The 3-unit HARP cubesat, named for its Hyper-Angular Rainbow Polarimeter instrument, was deployed in February from the International Space Station. The HARP instrument is a precursor to a larger version planned for NASA’s Plankton, Aerosol, Cloud ocean Ecosystem, or PACE, satellite, which will be 400 times the size of the 3U cubesat. The project is a joint effort between Utah State University’s Space Dynamics Laboratory and the University of Maryland, Baltimore County. Also in February, the Compact Infrared Radiometer in Space instrument, described as a calibration lab, was deployed on a separate cubesat. The HARP instrument measures the “size distribution of cloud droplets, which can provide information on the properties of ice and water clouds” to aid in learning how aerosols affect climate modeling. HARP is a preview of a path for small satellite technology to verify prototypes of planned larger systems quickly and cheaply.

In June, NOAA confirmed a plan to use commercial companies’ radio occultation observations in official global weather forecasting to supplement aging satellite systems, highlighting that small satellites are not only stepping stones but also capable end solutions.

New rules from the Federal Communications Commission went into effect in August that could reduce licensing costs for small satellites by an order of magnitude, which should increase their commercial popularity.

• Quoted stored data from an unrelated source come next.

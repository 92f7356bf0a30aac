//! What the canonical texts of changes are, each law on the contract of a function that does nothing.

ghost use Rattle.std.specs.Prelude.{◌≡◌, List, [], None, drop};
ghost use Rattle.mc_lex.specs.Lines.{lines_of};
ghost use Rattle.mc_model.specs.Pattern.{Pattern};
ghost use Rattle.mc_model.specs.Shift.{ChangeRow, IsChangeOf};
ghost use Rattle.mc_model.specs.Valid.{IsValidPattern};
ghost use Rattle.mc_text.specs.Judged.{Place, first_in_section, section_lines, behind_section};
ghost use Rattle.mc_change_text.specs.Changes.{AreSets, change_version};
ghost use Rattle.mc_change_text.specs.Kinds.{change_rules, rows_of};
ghost use Rattle.mc_change_text.specs.Canonical.{change_text};

use mc_rows::rows_are_read;

/// Reading behind a pattern, in the text's own version, takes the whole canonical text of a change of its outcomes and gives the
/// change back.
pub fn change_texts_are_read()
    ensures clean { (p : Pattern) (rows : List ChangeRow) (end : Place)
        → IsValidPattern p → IsChangeOf p rows → AreSets rows
        → first_in_section (change_rules (change_version rows) p) []
        (drop 1 (lines_of (change_text p rows))) end ≡ None }
    ensures whole { (p : Pattern) (rows : List ChangeRow)
        → IsValidPattern p → IsChangeOf p rows → AreSets rows
        → behind_section (drop 1 (lines_of (change_text p rows))) ≡ [] }
    ensures same { (p : Pattern) (rows : List ChangeRow)
        → IsValidPattern p → IsChangeOf p rows → AreSets rows
        → rows_of p.names (section_lines (drop 1 (lines_of (change_text p rows)))) ≡ rows }
{
    rows_are_read();
}

/// Two changes of a pattern's outcomes have two canonical texts.
pub fn change_texts_differ()
    ensures { (p : Pattern) (rows others : List ChangeRow) → IsValidPattern p
        → IsChangeOf p rows → AreSets rows → IsChangeOf p others → AreSets others
        → change_text p rows ≡ change_text p others → rows ≡ others }
{
    change_texts_are_read();
}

Small satellites continued to provide a means for academic study across the world. Guatemala’s first satellite, Quetzal-1, deployed in April; a team of students and other partners built it at the University of the Valley of Guatemala. The National University of Singapore displayed a quantum computing experiment with its SpooQy-1 satellite a year after its first deployment in 2019, potentially paving the way for cost-effective gains in privacy and cybersecurity.